▶ **Dataset excerpts**:

------------------------------------------------------------------------

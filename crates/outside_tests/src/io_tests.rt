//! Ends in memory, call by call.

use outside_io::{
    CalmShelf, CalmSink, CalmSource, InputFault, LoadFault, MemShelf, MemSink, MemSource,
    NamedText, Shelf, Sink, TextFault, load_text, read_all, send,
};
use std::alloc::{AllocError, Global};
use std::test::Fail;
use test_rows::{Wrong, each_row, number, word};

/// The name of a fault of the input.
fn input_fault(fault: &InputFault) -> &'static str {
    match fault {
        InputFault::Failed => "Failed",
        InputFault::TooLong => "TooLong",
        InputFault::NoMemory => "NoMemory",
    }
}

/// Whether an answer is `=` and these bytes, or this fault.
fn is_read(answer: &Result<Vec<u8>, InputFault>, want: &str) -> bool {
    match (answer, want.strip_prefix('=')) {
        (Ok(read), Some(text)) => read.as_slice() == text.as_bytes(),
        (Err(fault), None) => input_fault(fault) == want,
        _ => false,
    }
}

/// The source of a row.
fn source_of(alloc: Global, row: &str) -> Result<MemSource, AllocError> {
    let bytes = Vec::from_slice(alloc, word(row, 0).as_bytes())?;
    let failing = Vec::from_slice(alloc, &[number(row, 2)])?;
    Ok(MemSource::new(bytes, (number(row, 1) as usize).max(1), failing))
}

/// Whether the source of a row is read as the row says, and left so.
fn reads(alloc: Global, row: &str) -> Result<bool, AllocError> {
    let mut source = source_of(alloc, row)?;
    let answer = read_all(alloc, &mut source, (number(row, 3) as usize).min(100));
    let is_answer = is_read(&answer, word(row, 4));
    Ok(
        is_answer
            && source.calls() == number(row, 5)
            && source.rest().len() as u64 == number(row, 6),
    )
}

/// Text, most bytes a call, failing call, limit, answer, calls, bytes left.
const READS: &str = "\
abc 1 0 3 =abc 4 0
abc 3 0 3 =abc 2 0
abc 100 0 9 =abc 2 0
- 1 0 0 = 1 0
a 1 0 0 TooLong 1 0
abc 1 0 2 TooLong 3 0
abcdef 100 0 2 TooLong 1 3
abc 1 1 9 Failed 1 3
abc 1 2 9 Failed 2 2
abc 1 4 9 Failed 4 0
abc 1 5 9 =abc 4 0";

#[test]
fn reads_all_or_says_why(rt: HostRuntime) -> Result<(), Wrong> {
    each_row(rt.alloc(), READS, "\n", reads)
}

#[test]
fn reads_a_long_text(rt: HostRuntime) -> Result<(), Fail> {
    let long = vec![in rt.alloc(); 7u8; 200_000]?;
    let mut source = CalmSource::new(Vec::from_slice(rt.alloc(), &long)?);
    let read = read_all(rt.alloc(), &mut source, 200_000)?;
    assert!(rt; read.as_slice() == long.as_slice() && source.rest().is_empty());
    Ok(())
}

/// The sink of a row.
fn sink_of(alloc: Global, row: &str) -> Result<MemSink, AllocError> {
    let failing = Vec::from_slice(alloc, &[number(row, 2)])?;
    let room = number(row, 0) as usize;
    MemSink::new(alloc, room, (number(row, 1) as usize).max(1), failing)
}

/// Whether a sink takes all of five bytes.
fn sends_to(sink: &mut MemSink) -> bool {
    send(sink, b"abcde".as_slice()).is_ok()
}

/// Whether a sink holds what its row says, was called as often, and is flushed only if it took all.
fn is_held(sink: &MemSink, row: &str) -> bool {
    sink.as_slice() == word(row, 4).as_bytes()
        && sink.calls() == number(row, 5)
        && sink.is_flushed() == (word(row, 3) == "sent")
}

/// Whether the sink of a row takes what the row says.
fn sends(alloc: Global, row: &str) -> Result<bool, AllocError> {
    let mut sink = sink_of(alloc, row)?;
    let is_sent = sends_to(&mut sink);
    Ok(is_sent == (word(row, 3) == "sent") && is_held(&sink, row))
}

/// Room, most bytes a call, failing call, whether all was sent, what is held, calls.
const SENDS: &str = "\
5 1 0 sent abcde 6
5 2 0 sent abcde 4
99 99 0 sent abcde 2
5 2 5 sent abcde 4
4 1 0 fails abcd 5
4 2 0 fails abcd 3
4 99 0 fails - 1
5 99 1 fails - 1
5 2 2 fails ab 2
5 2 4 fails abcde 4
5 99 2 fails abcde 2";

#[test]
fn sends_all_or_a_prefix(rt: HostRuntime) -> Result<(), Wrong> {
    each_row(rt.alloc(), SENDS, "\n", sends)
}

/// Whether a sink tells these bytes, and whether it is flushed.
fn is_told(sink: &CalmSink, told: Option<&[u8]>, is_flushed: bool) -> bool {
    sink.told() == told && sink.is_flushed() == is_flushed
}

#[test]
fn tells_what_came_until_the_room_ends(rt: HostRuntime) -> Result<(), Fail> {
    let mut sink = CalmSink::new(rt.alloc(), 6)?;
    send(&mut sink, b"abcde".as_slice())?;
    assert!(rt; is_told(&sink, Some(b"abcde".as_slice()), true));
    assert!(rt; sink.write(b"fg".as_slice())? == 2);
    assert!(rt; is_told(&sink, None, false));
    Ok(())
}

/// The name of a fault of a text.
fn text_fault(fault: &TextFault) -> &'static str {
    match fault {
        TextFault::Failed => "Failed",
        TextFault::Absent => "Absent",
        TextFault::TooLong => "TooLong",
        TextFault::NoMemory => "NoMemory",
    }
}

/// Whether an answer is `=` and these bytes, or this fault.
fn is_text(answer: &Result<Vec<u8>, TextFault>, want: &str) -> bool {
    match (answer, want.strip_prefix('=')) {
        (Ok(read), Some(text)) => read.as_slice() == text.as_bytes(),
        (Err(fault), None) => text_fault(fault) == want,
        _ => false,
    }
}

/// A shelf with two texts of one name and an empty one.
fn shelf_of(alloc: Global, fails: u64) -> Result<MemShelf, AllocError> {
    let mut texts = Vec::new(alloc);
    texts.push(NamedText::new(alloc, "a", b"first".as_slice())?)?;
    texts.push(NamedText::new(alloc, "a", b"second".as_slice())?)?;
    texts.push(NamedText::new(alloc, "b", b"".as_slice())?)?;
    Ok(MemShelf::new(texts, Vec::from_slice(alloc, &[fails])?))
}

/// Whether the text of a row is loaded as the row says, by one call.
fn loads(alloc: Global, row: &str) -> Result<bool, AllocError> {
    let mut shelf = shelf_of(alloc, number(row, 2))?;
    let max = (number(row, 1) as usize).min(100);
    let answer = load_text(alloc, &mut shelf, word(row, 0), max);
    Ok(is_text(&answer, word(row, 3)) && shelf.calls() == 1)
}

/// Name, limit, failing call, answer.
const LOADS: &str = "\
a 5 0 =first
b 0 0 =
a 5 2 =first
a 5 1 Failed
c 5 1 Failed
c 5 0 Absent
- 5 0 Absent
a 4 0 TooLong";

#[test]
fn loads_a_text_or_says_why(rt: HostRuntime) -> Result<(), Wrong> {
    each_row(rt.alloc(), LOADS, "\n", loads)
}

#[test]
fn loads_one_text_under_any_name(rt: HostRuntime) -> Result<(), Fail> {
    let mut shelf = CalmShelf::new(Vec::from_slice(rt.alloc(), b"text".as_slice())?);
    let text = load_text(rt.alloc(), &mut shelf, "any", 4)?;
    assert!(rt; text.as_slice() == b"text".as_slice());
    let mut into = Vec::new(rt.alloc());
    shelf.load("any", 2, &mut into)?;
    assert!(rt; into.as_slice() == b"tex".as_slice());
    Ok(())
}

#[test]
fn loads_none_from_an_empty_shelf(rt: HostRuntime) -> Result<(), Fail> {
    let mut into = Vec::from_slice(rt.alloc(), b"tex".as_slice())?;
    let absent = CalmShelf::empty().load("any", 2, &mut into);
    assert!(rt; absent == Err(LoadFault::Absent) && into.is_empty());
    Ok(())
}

------------------------------------------------------------------------

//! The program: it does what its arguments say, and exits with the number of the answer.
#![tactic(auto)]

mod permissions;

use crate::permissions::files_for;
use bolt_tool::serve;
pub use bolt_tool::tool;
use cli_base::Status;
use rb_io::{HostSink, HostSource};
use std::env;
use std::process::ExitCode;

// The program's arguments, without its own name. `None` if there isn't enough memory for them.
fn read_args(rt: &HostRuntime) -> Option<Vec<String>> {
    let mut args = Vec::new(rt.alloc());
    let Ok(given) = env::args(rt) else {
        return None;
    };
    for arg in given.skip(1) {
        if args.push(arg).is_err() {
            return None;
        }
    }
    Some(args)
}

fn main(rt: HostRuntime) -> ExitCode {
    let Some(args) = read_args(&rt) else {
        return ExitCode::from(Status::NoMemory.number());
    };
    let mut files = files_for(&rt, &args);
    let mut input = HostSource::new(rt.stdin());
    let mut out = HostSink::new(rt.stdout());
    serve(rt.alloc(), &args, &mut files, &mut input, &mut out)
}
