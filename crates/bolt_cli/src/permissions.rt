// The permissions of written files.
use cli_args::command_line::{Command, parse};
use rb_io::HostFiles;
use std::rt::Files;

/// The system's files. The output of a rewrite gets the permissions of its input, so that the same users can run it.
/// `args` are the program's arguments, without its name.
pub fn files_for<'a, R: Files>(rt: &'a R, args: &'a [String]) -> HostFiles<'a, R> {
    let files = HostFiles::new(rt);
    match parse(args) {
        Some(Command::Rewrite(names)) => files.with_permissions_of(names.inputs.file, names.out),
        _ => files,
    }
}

------------------------------------------------------------------------

▶ **What you need to do**:
Could you repeat exactly the lines in the listing above from the one with "use std::env;" down to the one with "let mut input"? Include both of those lines.

▶ **Written response**:
use std::env;
use std::process::ExitCode;

// The program's arguments, without its own name. `None` if there isn't enough memory for them.
fn read_args(rt: &HostRuntime) -> Option<Vec<String>> {
    let mut args = Vec::new(rt.alloc());
    let Ok(given) = env::args(rt) else {
        return None;
    };
    for arg in given.skip(1) {
        if args.push(arg).is_err() {
            return None;
        }
    }
    Some(args)
}

fn main(rt: HostRuntime) -> ExitCode {
    let Some(args) = read_args(&rt) else {
        return ExitCode::from(Status::NoMemory.number());
    };
    let mut files = files_for(&rt, &args);
    let mut input = HostSource::new(rt.stdin());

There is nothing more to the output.